Start of Block

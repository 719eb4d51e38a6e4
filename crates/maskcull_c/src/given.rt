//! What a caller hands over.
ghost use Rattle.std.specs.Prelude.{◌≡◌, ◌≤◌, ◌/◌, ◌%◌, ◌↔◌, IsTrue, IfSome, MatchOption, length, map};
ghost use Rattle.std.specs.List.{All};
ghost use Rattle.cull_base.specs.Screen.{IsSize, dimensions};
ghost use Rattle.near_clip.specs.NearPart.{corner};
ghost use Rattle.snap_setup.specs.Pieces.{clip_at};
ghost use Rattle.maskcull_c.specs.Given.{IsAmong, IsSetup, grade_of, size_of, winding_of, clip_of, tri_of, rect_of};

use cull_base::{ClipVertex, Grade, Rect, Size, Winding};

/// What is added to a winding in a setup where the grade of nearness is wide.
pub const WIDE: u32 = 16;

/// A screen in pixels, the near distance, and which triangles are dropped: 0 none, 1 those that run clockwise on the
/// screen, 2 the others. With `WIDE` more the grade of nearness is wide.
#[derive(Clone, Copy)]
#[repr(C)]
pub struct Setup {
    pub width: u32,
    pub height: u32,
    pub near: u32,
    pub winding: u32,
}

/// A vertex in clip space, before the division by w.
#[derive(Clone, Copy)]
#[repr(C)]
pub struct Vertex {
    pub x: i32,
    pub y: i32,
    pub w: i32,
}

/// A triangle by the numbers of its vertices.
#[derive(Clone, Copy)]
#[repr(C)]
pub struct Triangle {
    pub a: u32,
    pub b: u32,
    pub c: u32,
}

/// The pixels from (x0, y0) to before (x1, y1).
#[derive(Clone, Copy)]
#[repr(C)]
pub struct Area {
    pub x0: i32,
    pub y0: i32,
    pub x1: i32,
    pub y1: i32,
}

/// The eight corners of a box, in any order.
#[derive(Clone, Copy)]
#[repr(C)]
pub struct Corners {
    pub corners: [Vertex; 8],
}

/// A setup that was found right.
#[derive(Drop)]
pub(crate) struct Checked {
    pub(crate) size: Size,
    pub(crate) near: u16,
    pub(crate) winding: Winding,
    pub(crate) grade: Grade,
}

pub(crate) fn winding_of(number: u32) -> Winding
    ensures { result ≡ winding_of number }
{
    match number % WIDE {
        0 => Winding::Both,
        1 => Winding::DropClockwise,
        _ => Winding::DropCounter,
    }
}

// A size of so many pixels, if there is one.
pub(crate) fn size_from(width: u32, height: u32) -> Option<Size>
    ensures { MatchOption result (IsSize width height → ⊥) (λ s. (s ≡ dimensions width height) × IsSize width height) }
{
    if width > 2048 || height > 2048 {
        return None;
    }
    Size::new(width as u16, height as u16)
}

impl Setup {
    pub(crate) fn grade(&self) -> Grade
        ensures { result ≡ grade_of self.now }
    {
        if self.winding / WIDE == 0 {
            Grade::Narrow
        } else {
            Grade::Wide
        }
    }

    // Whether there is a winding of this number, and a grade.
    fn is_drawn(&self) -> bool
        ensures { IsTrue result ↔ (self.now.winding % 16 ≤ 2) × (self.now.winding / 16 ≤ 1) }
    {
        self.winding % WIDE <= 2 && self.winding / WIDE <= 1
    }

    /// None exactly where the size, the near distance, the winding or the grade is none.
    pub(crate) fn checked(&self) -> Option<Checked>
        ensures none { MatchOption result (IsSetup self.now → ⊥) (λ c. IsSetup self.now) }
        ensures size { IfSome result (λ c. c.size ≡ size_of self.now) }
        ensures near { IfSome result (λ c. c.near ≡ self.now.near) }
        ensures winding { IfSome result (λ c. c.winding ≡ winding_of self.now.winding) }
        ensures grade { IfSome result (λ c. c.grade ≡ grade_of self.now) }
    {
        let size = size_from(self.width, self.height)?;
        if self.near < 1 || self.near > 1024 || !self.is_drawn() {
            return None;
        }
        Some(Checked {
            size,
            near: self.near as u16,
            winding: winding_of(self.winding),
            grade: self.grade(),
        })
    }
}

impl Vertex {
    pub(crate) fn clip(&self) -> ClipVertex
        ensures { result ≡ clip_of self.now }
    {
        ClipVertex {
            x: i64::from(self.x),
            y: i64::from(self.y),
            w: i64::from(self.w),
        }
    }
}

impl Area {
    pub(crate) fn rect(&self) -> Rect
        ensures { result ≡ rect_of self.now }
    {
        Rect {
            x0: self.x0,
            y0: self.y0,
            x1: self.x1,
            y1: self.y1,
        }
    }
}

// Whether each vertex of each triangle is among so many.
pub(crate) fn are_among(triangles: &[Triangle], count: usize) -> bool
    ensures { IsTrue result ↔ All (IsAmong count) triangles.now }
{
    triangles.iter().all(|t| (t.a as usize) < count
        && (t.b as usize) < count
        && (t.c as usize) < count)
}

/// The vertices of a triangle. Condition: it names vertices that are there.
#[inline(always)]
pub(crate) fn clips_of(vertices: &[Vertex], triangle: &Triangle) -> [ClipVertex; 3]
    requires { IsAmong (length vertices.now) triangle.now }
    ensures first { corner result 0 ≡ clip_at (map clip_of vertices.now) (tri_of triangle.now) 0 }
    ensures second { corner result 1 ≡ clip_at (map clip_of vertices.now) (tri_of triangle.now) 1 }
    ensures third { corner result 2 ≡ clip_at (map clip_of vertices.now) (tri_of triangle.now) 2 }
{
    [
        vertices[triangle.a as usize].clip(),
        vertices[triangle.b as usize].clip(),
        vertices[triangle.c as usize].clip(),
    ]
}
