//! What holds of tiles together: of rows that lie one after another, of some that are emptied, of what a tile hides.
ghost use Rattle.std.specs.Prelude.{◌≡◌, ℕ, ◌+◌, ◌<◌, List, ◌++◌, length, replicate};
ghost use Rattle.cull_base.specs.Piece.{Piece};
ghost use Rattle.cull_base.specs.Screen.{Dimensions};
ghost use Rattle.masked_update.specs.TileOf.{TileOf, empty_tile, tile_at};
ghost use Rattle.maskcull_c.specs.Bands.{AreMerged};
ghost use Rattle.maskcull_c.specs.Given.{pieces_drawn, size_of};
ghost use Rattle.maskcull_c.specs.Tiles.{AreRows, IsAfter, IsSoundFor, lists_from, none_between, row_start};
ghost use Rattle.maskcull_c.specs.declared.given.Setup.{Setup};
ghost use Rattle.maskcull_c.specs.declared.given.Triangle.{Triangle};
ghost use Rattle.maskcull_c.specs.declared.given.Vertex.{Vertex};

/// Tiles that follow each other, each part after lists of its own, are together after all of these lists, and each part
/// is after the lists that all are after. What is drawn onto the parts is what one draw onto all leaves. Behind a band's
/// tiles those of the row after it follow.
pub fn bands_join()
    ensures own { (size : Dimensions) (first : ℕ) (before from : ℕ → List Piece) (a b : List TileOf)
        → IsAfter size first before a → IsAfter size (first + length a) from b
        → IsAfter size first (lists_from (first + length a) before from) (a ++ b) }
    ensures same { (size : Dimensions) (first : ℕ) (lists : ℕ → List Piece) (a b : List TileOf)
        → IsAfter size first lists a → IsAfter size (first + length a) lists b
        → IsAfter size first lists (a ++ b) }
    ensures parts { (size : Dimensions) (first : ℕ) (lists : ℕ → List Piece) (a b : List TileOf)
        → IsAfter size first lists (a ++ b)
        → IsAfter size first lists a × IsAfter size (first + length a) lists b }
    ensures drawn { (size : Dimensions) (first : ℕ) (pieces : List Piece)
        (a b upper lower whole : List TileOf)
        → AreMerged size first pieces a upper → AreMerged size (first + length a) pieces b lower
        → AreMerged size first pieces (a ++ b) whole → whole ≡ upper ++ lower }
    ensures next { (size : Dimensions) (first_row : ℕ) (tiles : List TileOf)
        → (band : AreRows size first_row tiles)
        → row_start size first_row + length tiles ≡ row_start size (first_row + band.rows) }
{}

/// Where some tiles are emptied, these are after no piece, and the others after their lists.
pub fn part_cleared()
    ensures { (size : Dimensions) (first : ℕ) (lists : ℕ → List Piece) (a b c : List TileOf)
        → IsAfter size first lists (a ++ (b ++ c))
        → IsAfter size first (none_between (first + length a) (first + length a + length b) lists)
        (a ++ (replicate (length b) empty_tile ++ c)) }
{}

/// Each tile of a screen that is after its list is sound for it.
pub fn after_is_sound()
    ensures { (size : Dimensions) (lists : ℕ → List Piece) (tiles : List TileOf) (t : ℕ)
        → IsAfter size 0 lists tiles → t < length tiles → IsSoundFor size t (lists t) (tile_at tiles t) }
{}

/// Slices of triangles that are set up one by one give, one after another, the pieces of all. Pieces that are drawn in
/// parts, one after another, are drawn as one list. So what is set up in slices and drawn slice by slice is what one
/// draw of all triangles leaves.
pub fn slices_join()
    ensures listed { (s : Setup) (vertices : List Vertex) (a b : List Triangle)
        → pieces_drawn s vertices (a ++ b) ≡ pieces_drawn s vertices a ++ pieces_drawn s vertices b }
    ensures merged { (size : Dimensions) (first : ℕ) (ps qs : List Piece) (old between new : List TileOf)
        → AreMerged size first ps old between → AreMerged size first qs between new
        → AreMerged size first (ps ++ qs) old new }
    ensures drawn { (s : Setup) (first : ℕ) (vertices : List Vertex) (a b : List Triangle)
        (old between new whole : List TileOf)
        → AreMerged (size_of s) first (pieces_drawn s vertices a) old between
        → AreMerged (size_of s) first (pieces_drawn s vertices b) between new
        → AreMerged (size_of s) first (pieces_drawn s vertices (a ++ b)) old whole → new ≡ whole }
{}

End of Block

Wherever a line in the data above contains the word "declared", copy that line.

ghost use Rattle.maskcull_c.specs.declared.given.Setup.{Setup};
ghost use Rattle.maskcull_c.specs.declared.given.Triangle.{Triangle};
ghost use Rattle.maskcull_c.specs.declared.given.Vertex.{Vertex};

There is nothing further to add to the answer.